FIG. 6 illustrates a system to evaluate a query over a mark-up language document by performing incremental evaluation of predicates. Query parser 602 receives XPath queries and generates a parse tree for each query. Mark-up language document processor 604 imports a data stream/document into a stream of SAX events. Evaluator 606 receives the parse tree and steam of events and evaluates the received parse tree by reading events one by one from the stream of events and matching the read events with nodes in the parse tree. Evaluator 606 performs the steps outlined in FIGS. 1 and 3 (i.e. evaluating the parse tree, buffering document nodes, performing incremental evaluation and discarding predicate buffers, determining if the predicate has been satisfied and outputting results and discarding result buffers). Buffers 608 comprise the predicate buffers and result buffers.

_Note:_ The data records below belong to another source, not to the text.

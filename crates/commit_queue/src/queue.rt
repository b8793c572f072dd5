//! The queue of members.

ghost use Rattle.std.specs.Prelude.{◌≡◌, ◌+◌, ◌<◌, ◌≤◌, [], ◌∷◌, ◌++◌, length, take, drop, OnOk};
ghost use Rattle.graph_model.specs.Records.{group_most};

use graph_model::{GROUP_MOST, NoMemory};
use group_commit::{Group, Member};
use std::alloc::Global;
use std::collections::VecDeque;
use std::marker::Model;

/// The members that wait to be collected, the first one first, and room for some more.
#[derive(Drop)]
pub struct Queue {
    members: VecDeque<Member>,
}

impl Model for Queue {
    ghost use Rattle.commit_queue.specs.Waiting.{Waiting};
    ghost use Rattle.commit_queue.specs.Shown.{waiting};

    ghost Value = { Waiting };

    ghost view = { waiting };
}

impl Queue {
    /// Nobody waits, and there is no room. It takes no memory.
    pub fn new(alloc: Global) -> Queue
        ensures { result.members ≡ [] }
    {
        Queue {
            members: VecDeque::new(alloc),
        }
    }

    /// The number of members that wait.
    pub fn len(&self) -> usize
        ensures { result ≡ length self.now.members }
    {
        self.members.len()
    }

    /// Makes room for this many members more. After NoMemory the same members wait. Time: where there is no
    /// room, one step for each member that waits.
    pub fn reserve(&mut self, more: usize) -> Result<(), NoMemory>
        ensures members { self.new.members ≡ self.old.members }
        ensures room { OnOk result (length self.new.members + more ≤ self.new.room) }
        ensures keeps { self.old.room ≤ self.new.room }
    {
        self.members.reserve(more)?;
        Ok(())
    }

    /// Puts a member at the end. It takes no memory. Time: constant.
    pub fn push(&mut self, m: Member)
        requires { length self.old.members < self.old.room }
        ensures { self.new ≡ record self.old { members = self.old.members ++ m ∷ [] } }
    {
        self.members.push_back_reserved(m);
    }

    /// Takes the first 64 members off, or all where there are fewer, in their order. It takes no memory. Time: one
    /// step for each member that it gives.
    pub fn collect(&mut self) -> Group
        ensures group { result ≡ take group_most self.old.members }
        ensures rest { self.new ≡ record self.old { members = drop group_most self.old.members } }
    {
        let mut group = Group::new();
        self.collect_into(&mut group);
        group
    }

    /// The same into an empty group, so that no group is copied.
    pub fn collect_into(&mut self, group: &mut Group)
        requires { group.old ≡ [] }
        ensures group { group.new ≡ take group_most self.old.members }
        ensures rest { self.new ≡ record self.old { members = drop group_most self.old.members } }
    {
        while group.len() < GROUP_MOST {
            let Some(member) = self.members.pop_front() else {
                return;
            };
            group.push(member);
        }
    }
}
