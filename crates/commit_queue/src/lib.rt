//! What waits to be committed, and what became of it: the queue of members, and the outcomes that are kept.
//!
//! A transaction that commits puts its member into the queue and waits for its outcome. Whoever leads collects a
//! group from the front of the queue, writes it, and keeps one outcome for all its members. Room for a member
//! and for its outcome is made beforehand, so that no step of a commit takes memory.
#![tactic(auto)]

mod outcomes;
mod queue;

pub use outcomes::Outcomes;
pub use queue::Queue;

A system and method has been shown in the above embodiments for the effective implementation of an algorithm for running XPath queries over XML streams with incremental predicate evaluation. While various preferred embodiments have been shown and described, it will be understood that there is no intent to limit the invention by such disclosure, but rather, it is intended to cover all modifications failing within the spirit and scope of the invention, as defined in the appended claims. For example, the present invention should not be limited by software/program, type of mark-up language document used, type of event handler used, type of queries used, computing environment, or specific computing hardware.